B. Il 2 gennaio 2003 la Commissione tutoria regionale, insoddisfatta
del dott. __________, ne ha dichiarato la valutazione “decaduta” e ha
incaricato la dott. __________ di esperire una sua perizia sulle capacità dei
genitori e sull'eventuale necessità di misure a protezione dei figli. Il 13
febbraio 2003 essa ha poi trasferito La__________ e L__________ all'Istituto __________
di __________, confermando la sospensione delle relazioni personali con i
genitori. In esito a un ricorso presentato da AP 1 insieme con __________,
__________ e __________ (nonni e zia paterni), l'Autorità di vigilanza ha poi concesso
ai genitori un diritto di visita sorvegliato di quattro ore ogni
15 giorni alla __________ di __________, definendo le modalità degli incontri.
Nel frattempo, il 2 maggio 2003, la dott. __________ ha consegnato il suo referto,
completato successivamente in seguito a una richiesta di delucidazione
formulata da AP 1. Il 12 settembre 2003 la Commissione tutoria regionale ha
respinto una richiesta di questi ultimi intesa alla designazione di un nuovo
perito.
C. L'11
luglio 2003 AP 1 hanno chiesto alla Commissione tutoria di essere ammessi al
beneficio dell'assistenza giudiziaria. Con decisione del 29 luglio 2003 la
Commissione ha ridotto la durata del loro diritto di visita a due ore
settimanali e ha respinto il beneficio richiesto. Un ricorso del 21 agosto 2003
presentato da AP 1 contro tale limitazione del diritto di visita è stato accolto
il 21 ottobre 2003 dall'Autorità di vigilanza, mentre un parallelo ricorso esperito
avverso il diniego dell'assistenza giudiziaria è stato respinto dalla stessa
Autorità con decisione del 31 ottobre 2003. Contro
quest'ultima decisione AP 1 sono insorti il
14 novembre 2003 alla Camera civile di appello, che statuendo con sentenza
del 10 settembre 2007 ha
accolto il loro ricorso (inc. __________). Nel mentre, con risoluzione del 26 settembre 2003 la Commissione
tutoria regionale ha posto a carico di AP 1 la nota d'onorario di fr. 4213.50
emessa dalla dott. __________. Con decisione del 5 giugno 2005 l'Autorità di
vigilanza ha respinto un ricorso interposto da AP 1 contro simile addebito.
D. Nel
frattempo, con decreto del 18 novembre 2003 il Procuratore pubblico ha deciso
non farsi luogo a procedere nei confronti di AP 1. Il 5 dicembre 2003 costoro
hanno chiesto alla Commissione tutoria regionale un'estensione del loro diritto
di visita a quattro ore settimanali, senza sorveglianza.
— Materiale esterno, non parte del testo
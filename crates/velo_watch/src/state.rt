//! Where a watch stands.

use velo_logtext::LogReader;
use velo_world::RecordedWorld;

/// A log that is watched as it comes.
#[derive(Drop)]
pub struct Watch {
    pub(crate) reader: LogReader,
    /// The events so far.
    pub(crate) world: RecordedWorld,
    /// Whether an alarm was told.
    pub(crate) told: bool,
}
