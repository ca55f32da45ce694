//! Why a watch ended.
use velo_logtext::LogFault;
use velo_world::LogReplayFault;

/// Why a watch ended before its log did.
#[derive(Clone, Copy, PartialEq, Eq)]
pub enum WatchFault {
    /// The log could not be read.
    Log(LogFault),
    /// An event can't come about.
    Replay(LogReplayFault),
    /// The sink failed; a beginning of the alarm's line was written.
    Write,
}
La Commissione tutoria
regionale ha incaricato il 26 gennaio 2004 la dott. __________ di approfondire “la situazione psicoemotiva” dei ragazzi. Un ricorso depositato il 6
febbraio 2004 da AP 1 contro siffatta decisione è stato dichiarato irricevibile
dall'Autorità di vigilanza l'8 luglio 2004. Con decisione del 19 agosto 2004 la
Commissione tutoria, esaminato il referto della dott. __________, ha poi esteso
il diritto di visita dei genitori a ogni fine settimana.
E. Il
1° settembre 2004 AP 1, __________, __________ e __________ si sono rivolti
all'Autorità di vigilanza, postulando la ricusa della Commissione tutoria
regionale. Statuendo il 30 novembre
2004, l'Autorità di vigilanza ha
respinto l'istanza. Un appello presentato il 30 dicembre 2004 da AP 1 contro
tale decisione è stato respinto da questa Camera con
sentenza del 13 settembre 2007 (__________).
F. Intanto,
il 6 agosto 2004, la Commissione tutoria regionale ha istituito in favore di L__________
e La__________ __________ una curatela educativa preposta alla sorveglianza delle
relazioni personali tra genitori e figli, affidata prima a __________ e poi a __________,
incaricando il 12 novembre 2004 la dott. __________ di rivalutare le capacità
parentali di AP 1. Il 4 luglio 2005 essa ha poi assegnato a questi ultimi
un termine fino al 31 luglio successivo per presentare
osservazioni finali
“nell'ambito della procedura aperta con decreto supercautelare 16
agosto 2002”. Nel loro memoriale del 2 agosto 2005 AP 1 hanno postulato il
ripristino della custodia parentale. Statuendo il 1°
settembre 2005, la Commissione tutoria regionale ha deciso di reintegrare gradualmente
Fatti
i genitori nella custodia dei figli, ha confermato __________ come curatrice
educativa, ha incaricato il Servizio sociale di __________ di attuare la
decisione e ha posto a carico dei genitori le spese di procedura, riservata la
decisione sull'assistenza giudiziaria. Un ricorso presentato il 12 settembre
2005 da AP 1 contro l'addebito degli oneri processuali è stato respinto
dall'Autorità di vigilanza il 16 gennaio 2006, la quale ha respinto anche la
richiesta di assistenza giudiziaria contestuale al ricorso.
G. Contro
il diniego dell'assistenza giudiziaria AP 1 hanno adito questa Camera con
ricorso (“appello”) del 1° febbraio 2006, che per sua natura non ha formato
oggetto di intimazione. Il 6 febbraio successivo essi hanno appellato altresì
l'addebito “delle spese di
giustizia”, instando per il
beneficio dell'assistenza giudiziaria in appello. Invitata a esprimersi, la
Commissione tutoria regionale ha rinunciato a osservazioni.
H. Nel
frattempo, con decisione del 28 settembre 2005 la Commissione tutoria regionale
ha ammesso AP 1 al beneficio dell'assistenza giudiziaria a decorrere dal 28 dicembre
2004.
Considerandi
in diritto: I. Sull'appello in materia di oneri processuali
1.
Le decisioni prese dall'Autorità di vigilanza sulle tutele sono appellabili
entro venti giorni a questa Camera (art. 48 della legge sull'organizzazione e
la procedura in materia di tutele e curatele, RL 4.1.2.2, cui rinvia l'art. 39
LAC). Il memoriale del 6 febbraio 2006 è di conseguenza tempestivo.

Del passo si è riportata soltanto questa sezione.